Однажды днем, поворачивая за угол Баннской улицы, они увидели на противоположном тротуаре доктора Рамона. Как раз накануне они узнали, что он женится на барышне Левек, дочери адвоката. Конечно, это было самое правильное решение, ибо в его положении нельзя было больше медлить, а к тому же его любила молоденькая девушка, очень богатая и красивая. По всей вероятности, и он ее полюбит. Клотильда была очень рада, что могла поздравить его хоть издали, улыбкой, в качестве доброго друга. Паскаль приветливо поклонился ему.
Рамон, взволнованный встречей, остановился в смущении. Сначала он собрался уже подойти к ним, но не мог побороть какого-то чувства стесненности и мысли о том, что было бы слишком грубо врываться в эту грезу, в это уединение вдвоем, не нарушаемое даже среди уличной толкотни. И он тоже ограничился дружеским приветствием и улыбкой, прощая им их счастье. Для всех троих эта встреча была очень приятна.
Уже несколько дней Клотильда была увлечена работой над большой пастелью, – она хотела нарисовать трогательный образ старого царя Давида и юной сунамитянки Ависаги. То было воплощение мечты: в этом вдохновенном замысле Клотильда раскрывала свое другое я, свою любовь к небывалому, таинственному. На фоне разбросанных цветов, сыпавшихся, словно звездный дождь, старый царь, одетый с варварской роскошью, стоял лицом к зрителю, положив руку на обнаженное плечо Ависаги; юная девушка, нагая до пояса, была бела, как лилия. Его роскошный хитон, падавший прямыми складками, сверкал драгоценными камнями, царский венец сиял на белоснежных волосах. Но она, божественно грациозная, с шелковой лилейной кожей, тонким и стройным станом, маленькой круглой грудью, гибкими руками, была нарядней его. Могущественный, обожаемый владыка, он опирался на нее, избранную среди всех, гордую этим избранием, счастливую тем, что отдает ему свою животворящую юность. Ее светлая и торжествующая нагота перед собравшимся народом, при свете дня, говорила о радостной покорности и спокойствии, с которыми она приносила себя в дар. Он был величав, она – непорочна; от них как бы исходило звездное сияние.

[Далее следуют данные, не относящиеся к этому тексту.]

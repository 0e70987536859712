// Jobs built in memory, byte by byte.

ghost use Rattle.std.specs.Prelude.{◌≡◌, ◌+◌, ◌*◌, ◌≤◌, length};

// A job of so many rows and columns, whose least state is `first`. The first rows, `grid` of them, lie on a grid over two columns, with
// `side` states in the second and the first state behind. The rows past the grid are all at its first place, with 110, 101 and 011 behind.
#[derive(Clone, Copy)]
pub(crate) struct Grid {
    pub(crate) rows: usize,
    pub(crate) width: usize,
    pub(crate) grid: usize,
    pub(crate) side: usize,
    pub(crate) first: u8,
    ghost some_width: { 1 ≤ width },
    ghost some_side: { 1 ≤ side },
    ghost fits: { 12 + 2 * width + rows * width ≤ 16525 },
}

impl Grid {
    pub(crate) fn size(self) -> usize
        ensures { result ≡ 12 + 2 * self.width + self.rows * self.width }
    {
        12 + 2 * self.width + self.rows * self.width
    }

    // Byte i of the header, at epsilon 0, or of the weights behind it, each 1.
    fn head(self, i: usize) -> u8 {
        let x = match i {
            0 => self.rows,
            1 => self.rows / 256,
            2 => self.width,
            4 => 0,
            6 => 12,
            8 => 12 + 2 * self.width,
            10 => self.size(),
            11 => self.size() / 256,
            _ => 1 - i % 2,
        };
        (x % 256) as u8
    }

    // The state of row k in column c.
    fn state(self, k: usize, c: usize) -> u8 {
        let x = if k < self.grid {
            match c {
                0 => k / self.side,
                1 => k % self.side,
                _ => 0,
            }
        } else if (c < 2) | (c % 8 + (k - self.grid) % 8 == 4) {
            0
        } else {
            1
        };
        self.first % 128 + (x % 64) as u8
    }

    fn byte(self, i: usize) -> u8 {
        let states = 12 + 2 * self.width;
        if i < states {
            return self.head(i);
        }
        let at = i - states;
        self.state(at / self.width, at % self.width)
    }

    // What lies behind the last row is of no job.
    pub(crate) fn built(self) -> [u8; 16525]
        ensures { length result ≡ 16525 }
    {
        let mut job = [0u8; 16525];
        for (i, byte) in job.iter_mut().enumerate() {
            *byte = self.byte(i);
        }
        job
    }
}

До последней минуты Клотильда оставила лица обоих незаконченными, словно задернутыми туманом. Растроганный Паскаль, стоявший позади, угадывал ее замысел и подшучивал над нею. Так и случилось на самом деле; несколькими штрихами карандаша она закончила рисунок: старый царь Давид был он, а сунамитянка Ависага – она, но оба, окутанные светлою дымкою грезы, обожествленные. Их волосы – седые и белокурые – окутывали их, словно королевской мантией. Лица были преображены восторгом, взоры и улыбки сияли бессмертной любовью. Они достигли блаженства небожителей.
– О, милая, – воскликнул Паскаль, – ты сделала нас слишком красивыми! Ты опять в царстве мечты, да, да, как в те дни, помнишь, когда я упрекал тебя за твои фантастические таинственные цветы!

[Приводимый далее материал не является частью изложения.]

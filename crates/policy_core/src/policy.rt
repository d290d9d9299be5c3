// What an authorizer's policy says, and what is decided by it.
use gw_base::{Seq, Text};

/// A policy.
#[derive(Drop)]
pub struct Policy {
    /// The principal of the caller.
    pub principal: Text,
    /// Its statements, in the order of the reply.
    pub statements: Seq<Statement>,
    /// The names and the texts of its context, in the order of the reply.
    pub context: Seq<(Text, Text)>,
}

/// A statement of a policy.
#[derive(Drop)]
pub struct Statement {
    /// Whether its effect is `Allow`; else it is `Deny`.
    pub allow: bool,
    /// Patterns of actions.
    pub actions: Seq<Text>,
    /// Patterns of the names of requests.
    pub resources: Seq<Text>,
}

/// What a policy decides of a request. The number is the place of the statement that decides, counted
/// from 0 over all statements of the policy.
#[derive(Clone, Copy, Debug, PartialEq, Eq)]
pub enum Decision {
    /// No Deny covers the request, and this is the first Allow that does.
    Allow(u64),
    /// This is the first Deny that covers the request.
    Deny(u64),
    /// No statement covers the request.
    NoAllow,
}
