// A source and a sink in memory, whose numbered calls fail.
ghost use Rattle.std.specs.Prelude.{◌≡◌, ◌+◌, ◌-◌, ◌^◌, ◌<◌, ◌≤◌, ◌==◌, ◌↔◌, [], List, ℕ, Some, None, length, min, take, drop, true, IfOk, IsErr, IsErrOf, OnOk, OnErr};
ghost use Rattle.std.specs.Io.KnownBytes.{ReadConsumes, WriteAppends};
ghost use Rattle.std.specs.List.{list_any};
ghost use Rattle.gw_base.specs.Outside.{HasCause, HasWriteCause};
ghost use Rattle.gw_base.specs.Feed.{is_listed as is_listed_in, raised, fed, unfed, laid, unlaid};

use crate::outside::{Failed, Sink, Source, WriteStop};
use std::alloc::Global;
use std::marker::Model;

/// Bytes in memory, given in pieces of at most `step` bytes. The calls of the given numbers, counted from 0, fail, and
/// no others.
#[derive(Drop)]
pub struct MemSource {
    bytes: Vec<u8>,
    at: usize,
    step: usize,
    fails: Vec<u32>,
    calls: u64,
    faults: u64,
}

impl Model for MemSource {
    ghost use Rattle.std.specs.Prelude.{◌<◌, ◌≤◌, ℕ, length, drop};
    ghost use Rattle.gw_base.specs.Feed.{Feed};

    ghost Value = { Feed };

    ghost view = { λ s. record { left = drop s.at s.bytes.items; step = s.step; fails = s.fails.items; calls = s.calls; faults = s.faults } };

    ghost invariant = { λ s. (s.at ≤ length s.bytes.items) × (0 < s.step) };
}

impl MemSource {
    /// A source of these bytes, of which no call was made.
    pub fn new(bytes: Vec<u8>, step: usize, fails: Vec<u32>) -> Self
        requires { 0 < step }
        ensures { result ≡ record { left = bytes.items; step = step; fails = fails.items; calls = 0; faults = 0 } }
    {
        MemSource {
            bytes,
            at: 0,
            step,
            fails,
            calls: 0,
            faults: 0,
        }
    }
}

fn is_listed(fails: &[u32], call: u64) -> bool
    ensures { result ≡ is_listed_in fails.now call }
{
    fails.iter().any(|n| *n as u64 == call)
}

impl Source for MemSource {
    ghost left = { λ s. Some s.left };

    ghost faults = { λ s. s.faults };

    ghost beside = { λ _. (None, 0) };

    fn read(&mut self, buf: &mut [u8]) -> Result<usize, Failed>
        requires { 0 < length buf.old }
        ensures bound { IfOk result (λ n. n ≤ length buf.new) }
        ensures bytes { ReadConsumes (Some self.old.left) (Some self.new.left) result buf.new }
        ensures cause { HasCause self.old.faults self.new.faults result }

        // The calls whose numbers are listed fail, and no others.
        ensures numbered { IsErr result ↔ (is_listed_in self.old.fails self.old.calls ≡ true) }

        // It gives as many bytes as fit the buffer and the step.
        ensures given { IfOk result (λ n. n ≡ min (min (length buf.old) self.old.step) (length self.old.left)) }
        ensures after { IfOk result (λ n. self.new ≡ fed self.old n) }
        ensures failed { OnErr result (self.new ≡ unfed self.old) }
    {
        let call = self.calls;
        self.calls = call.saturating_add(1);
        if is_listed(&self.fails, call) {
            self.faults = self.faults.saturating_add(1);
            return Err(Failed);
        }
        let n = buf.len().min(self.step).min(self.bytes.len() - self.at);
        buf[..n].copy_from_slice(&self.bytes[self.at..self.at + n]);
        self.at += n;
        Ok(n)
    }
}

/// Bytes that were written to memory. The calls of the given numbers, counted from 0, fail, and no others; a growth
/// that is refused is want of memory and no fault.
#[derive(Drop)]
pub struct MemSink {
    bytes: Vec<u8>,
    fails: Vec<u32>,
    calls: u64,
    faults: u64,
}

impl Model for MemSink {
    ghost use Rattle.std.specs.Prelude.{ℕ};
    ghost use Rattle.gw_base.specs.Feed.{Tray};

    ghost Value = { Tray };

    ghost view = { λ s. record { written = s.bytes.items; fails = s.fails.items; calls = s.calls; faults = s.faults } };
}

impl MemSink {
    /// A sink on which nothing was written.
    pub fn new(alloc: Global, fails: Vec<u32>) -> Self
        ensures { result ≡ record { written = []; fails = fails.items; calls = 0; faults = 0 } }
    {
        MemSink {
            bytes: Vec::new(alloc),
            fails,
            calls: 0,
            faults: 0,
        }
    }

    /// What was written.
    pub fn bytes(&self) -> &[u8]
        ensures { result.now ≡ self.now.written }
    {
        self.bytes.as_slice()
    }
}

impl Sink for MemSink {
    ghost written = { λ s. Some s.written };

    ghost faults = { λ s. s.faults };

    ghost beside = { λ _. (None, 0) };

    fn write(&mut self, piece: &[u8]) -> Result<usize, WriteStop>
        requires { 0 < length piece.now }
        ensures bound { IfOk result (λ n. n ≤ length piece.now) }
        ensures some { IfOk result (λ n. 0 < n) }
        ensures bytes { WriteAppends (Some self.old.written) (Some self.new.written) result piece.now }
        ensures cause { HasWriteCause self.old.faults self.new.faults result }

        // The calls whose numbers are listed fail, and no others.
        ensures numbered { IsErrOf result WriteStop.Failed ↔ (is_listed_in self.old.fails self.old.calls ≡ true) }

        // It takes the whole piece.
        ensures taken { IfOk result (λ n. n ≡ length piece.now) }
        ensures after { OnOk result (self.new ≡ laid self.old piece.now) }
        ensures failed { IsErrOf result WriteStop.Failed → self.new ≡ unlaid self.old }
        ensures memory { IsErrOf result WriteStop.Memory → self.new ≡ record self.old { calls = raised self.old.calls } }
    {
        let call = self.calls;
        self.calls = call.saturating_add(1);
        if is_listed(&self.fails, call) {
            self.faults = self.faults.saturating_add(1);
            return Err(WriteStop::Failed);
        }
        match self.bytes.extend_from_slice(piece) {
            Ok(()) => Ok(piece.len()),
            Err(_) => Err(WriteStop::Memory),
        }
    }
}
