// The first fault of a reply, in the order of the document. It takes no memory.
ghost use Rattle.std.specs.Prelude.{◌≡◌};
ghost use Rattle.json_subset.specs.Documents.{IsPart, form, kind as kind_of, part, place};
ghost use Rattle.policy_core.specs.Replies as says;

use crate::children::{entry, entry_count, item, item_count};
use json_subset::{Doc, Kind, NodeId};

/// The first fault of a reply: an object with a `principalId`, a `policyDocument` and perhaps a
/// `context`.
#[tactic(auto, unfolding(crate::specs::Replies::reply_fault))]
pub fn reply_fault(doc: &Doc, node: NodeId) -> Option<usize>
    requires { IsPart doc.now node }
    ensures { result ≡ says.reply_fault (part doc.now node) }
{
    if !is_object(doc, node) {
        return Some(doc.place(node));
    }
    match reply_members_fault(doc, node) {
        Some(at) => Some(at),
        None => lacks_either(doc, node, "principalId", "policyDocument"),
    }
}

fn reply_members_fault(doc: &Doc, node: NodeId) -> Option<usize>
    requires { IsPart doc.now node }
    ensures { result ≡ says.first_of says.reply_member_fault (says.entries (form (part doc.now node))) }
{
    for i in 0..entry_count(doc, node) {
        if let Some(at) = reply_member_fault(doc, node, i) {
            return Some(at);
        }
    }
    None
}

fn reply_member_fault(doc: &Doc, node: NodeId, i: u32) -> Option<usize>
    requires { IsPart doc.now node }
    ensures { result ≡ says.at_place says.reply_member_fault (says.entries (form (part doc.now node))) i }
{
    let Some((name, value)) = entry(doc, node, i) else {
        return None;
    };
    match name {
        "principalId" => text_fault(doc, value),
        "policyDocument" => document_fault(doc, value),
        "context" => context_fault(doc, value),
        _ => None,
    }
}

/// The first fault of a policy document: an object with a `Statement`.
#[tactic(auto, unfolding(crate::specs::Replies::document_fault))]
fn document_fault(doc: &Doc, node: NodeId) -> Option<usize>
    requires { IsPart doc.now node }
    ensures { result ≡ says.document_fault (part doc.now node) }
{
    if !is_object(doc, node) {
        return Some(doc.place(node));
    }
    match document_members_fault(doc, node) {
        Some(at) => Some(at),
        None => lacking(doc, node, "Statement"),
    }
}

fn document_members_fault(doc: &Doc, node: NodeId) -> Option<usize>
    requires { IsPart doc.now node }
    ensures { result ≡ says.first_of says.document_member_fault (says.entries (form (part doc.now node))) }
{
    for i in 0..entry_count(doc, node) {
        if let Some(at) = document_member_fault(doc, node, i) {
            return Some(at);
        }
    }
    None
}

fn document_member_fault(doc: &Doc, node: NodeId, i: u32) -> Option<usize>
    requires { IsPart doc.now node }
    ensures { result ≡ says.at_place says.document_member_fault (says.entries (form (part doc.now node))) i }
{
    let Some((name, value)) = entry(doc, node, i) else {
        return None;
    };
    if name == "Statement" {
        statements_fault(doc, value)
    } else {
        None
    }
}

/// The first fault of a statement, or of a list of statements.
#[tactic(auto, unfolding(crate::specs::Replies::statements_fault))]
fn statements_fault(doc: &Doc, node: NodeId) -> Option<usize>
    requires { IsPart doc.now node }
    ensures { result ≡ says.statements_fault (part doc.now node) }
{
    match doc.kind(node) {
        Kind::List(_) => each_statement_fault(doc, node),
        Kind::Object(_) => statement_fault(doc, node),
        Kind::Null | Kind::Bool(_) | Kind::Whole(_) | Kind::Decimal | Kind::Wide | Kind::Text => {
            Some(doc.place(node))
        }
    }
}

fn each_statement_fault(doc: &Doc, node: NodeId) -> Option<usize>
    requires { IsPart doc.now node }
    ensures { result ≡ says.first_of says.statement_fault (says.items (form (part doc.now node))) }
{
    for i in 0..item_count(doc, node) {
        if let Some(at) = statement_item_fault(doc, node, i) {
            return Some(at);
        }
    }
    None
}

fn statement_item_fault(doc: &Doc, node: NodeId, i: u32) -> Option<usize>
    requires { IsPart doc.now node }
    ensures { result ≡ says.at_place says.statement_fault (says.items (form (part doc.now node))) i }
{
    match item(doc, node, i) {
        Some(statement) => statement_fault(doc, statement),
        None => None,
    }
}

/// The first fault of a statement: an object with an `Effect`, an `Action` and a `Resource`.
#[tactic(auto, unfolding(crate::specs::Replies::statement_fault))]
fn statement_fault(doc: &Doc, node: NodeId) -> Option<usize>
    requires { IsPart doc.now node }
    ensures { result ≡ says.statement_fault (part doc.now node) }
{
    if !is_object(doc, node) {
        return Some(doc.place(node));
    }
    if let Some(at) = statement_members_fault(doc, node) {
        return Some(at);
    }
    match lacking(doc, node, "Effect") {
        Some(at) => Some(at),
        None => lacks_either(doc, node, "Action", "Resource"),
    }
}

fn statement_members_fault(doc: &Doc, node: NodeId) -> Option<usize>
    requires { IsPart doc.now node }
    ensures { result ≡ says.first_of (says.statement_member_fault (place (part doc.now node))) (says.entries (form (part doc.now node))) }
{
    for i in 0..entry_count(doc, node) {
        if let Some(at) = statement_member_fault(doc, node, i) {
            return Some(at);
        }
    }
    None
}

fn statement_member_fault(doc: &Doc, node: NodeId, i: u32) -> Option<usize>
    requires { IsPart doc.now node }
    ensures { result ≡ says.at_place (says.statement_member_fault (place (part doc.now node))) (says.entries (form (part doc.now node))) i }
{
    let Some((name, value)) = entry(doc, node, i) else {
        return None;
    };
    match name {
        "Effect" => effect_fault(doc, value),
        "Action" => texts_fault(doc, value),
        "Resource" => texts_fault(doc, value),
        "Condition" | "NotAction" | "NotResource" => Some(doc.place(node)),
        _ => None,
    }
}

fn effect_fault(doc: &Doc, node: NodeId) -> Option<usize>
    requires { IsPart doc.now node }
    ensures { result ≡ says.effect_fault (part doc.now node) }
{
    match doc.text(node) {
        Some("Allow") | Some("Deny") => None,
        _ => Some(doc.place(node)),
    }
}

/// The first fault of a text, or of a list of texts.
fn texts_fault(doc: &Doc, node: NodeId) -> Option<usize>
    requires { IsPart doc.now node }
    ensures { result ≡ says.texts_fault (part doc.now node) }
{
    match doc.kind(node) {
        Kind::Text => None,
        Kind::List(_) => each_text_fault(doc, node),
        Kind::Null
        | Kind::Bool(_)
        | Kind::Whole(_)
        | Kind::Decimal
        | Kind::Wide
        | Kind::Object(_) => Some(doc.place(node)),
    }
}

fn each_text_fault(doc: &Doc, node: NodeId) -> Option<usize>
    requires { IsPart doc.now node }
    ensures { result ≡ says.first_of says.text_fault (says.items (form (part doc.now node))) }
{
    for i in 0..item_count(doc, node) {
        if let Some(at) = text_item_fault(doc, node, i) {
            return Some(at);
        }
    }
    None
}

fn text_item_fault(doc: &Doc, node: NodeId, i: u32) -> Option<usize>
    requires { IsPart doc.now node }
    ensures { result ≡ says.at_place says.text_fault (says.items (form (part doc.now node))) i }
{
    match item(doc, node, i) {
        Some(text) => text_fault(doc, text),
        None => None,
    }
}

fn text_fault(doc: &Doc, node: NodeId) -> Option<usize>
    requires { IsPart doc.now node }
    ensures { result ≡ says.text_fault (part doc.now node) }
{
    match doc.text(node) {
        Some(_) => None,
        None => Some(doc.place(node)),
    }
}

/// The first fault of a context: an object of texts, numbers and booleans.
#[tactic(auto, unfolding(crate::specs::Replies::context_fault))]
fn context_fault(doc: &Doc, node: NodeId) -> Option<usize>
    requires { IsPart doc.now node }
    ensures { result ≡ says.context_fault (part doc.now node) }
{
    if !is_object(doc, node) {
        return Some(doc.place(node));
    }
    context_members_fault(doc, node)
}

fn context_members_fault(doc: &Doc, node: NodeId) -> Option<usize>
    requires { IsPart doc.now node }
    ensures { result ≡ says.first_of says.kept_fault (says.entries (form (part doc.now node))) }
{
    for i in 0..entry_count(doc, node) {
        if let Some(at) = kept_fault(doc, node, i) {
            return Some(at);
        }
    }
    None
}

fn kept_fault(doc: &Doc, node: NodeId, i: u32) -> Option<usize>
    requires { IsPart doc.now node }
    ensures { result ≡ says.at_place says.kept_fault (says.entries (form (part doc.now node))) i }
{
    let Some((_, value)) = entry(doc, node, i) else {
        return None;
    };
    match doc.kind(value) {
        Kind::Null | Kind::List(_) | Kind::Object(_) => Some(doc.place(value)),
        Kind::Bool(_) | Kind::Whole(_) | Kind::Decimal | Kind::Wide | Kind::Text => None,
    }
}

fn is_object(doc: &Doc, node: NodeId) -> bool
    requires { IsPart doc.now node }
    ensures { result ≡ says.is_object (kind_of (form (part doc.now node))) }
{
    matches!(doc.kind(node), Kind::Object(_))
}

/// The place of an object that has no member of this name.
fn lacking(doc: &Doc, node: NodeId, name: &str) -> Option<usize>
    requires { IsPart doc.now node }
    ensures { result ≡ says.lacking (part doc.now node) name.now }
{
    match doc.member(node, name) {
        Some(_) => None,
        None => Some(doc.place(node)),
    }
}

fn lacks_either(doc: &Doc, node: NodeId, first: &str, second: &str) -> Option<usize>
    requires { IsPart doc.now node }
    ensures { result ≡ says.or_else (says.lacking (part doc.now node) first.now) (says.lacking (part doc.now node) second.now) }
{
    match lacking(doc, node, first) {
        Some(at) => Some(at),
        None => lacking(doc, node, second),
    }
}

И он показал ей на стены, где распускался причудливый цветник старых пастелей, эта нездешняя флора, словно расцветшая в раю.
– Слишком красивы? – весело возразила она. – Нет, мы не можем быть слишком красивыми! Уверяю тебя, я чувствую и вижу нас именно такими. Мы и на самом деле такие… Вот, смотри, разве это – не чистая правда?
Она взяла старую библию XV века, лежавшую возле нее, и показала ему наивную гравюру на дереве.
– Можешь убедиться, вот точно такое же.
Паскаль добродушно рассмеялся, услышав это необыкновенное утверждение, сделанное спокойным тоном.
– Ах, ты смеешься! – сказала Клотильда. – Ты видишь детали рисунка, а нужно проникнуть в суть… Взгляни на остальные гравюры, все они на ту же тему! Я нарисую Авраама и Агарь, Руфь и Вооза, нарисую пророков, пастухов, царей – всех, кому эти кроткие девушки, родственницы, рабыни отдали свою юность. Они все прекрасны и счастливы, ты видишь это сам.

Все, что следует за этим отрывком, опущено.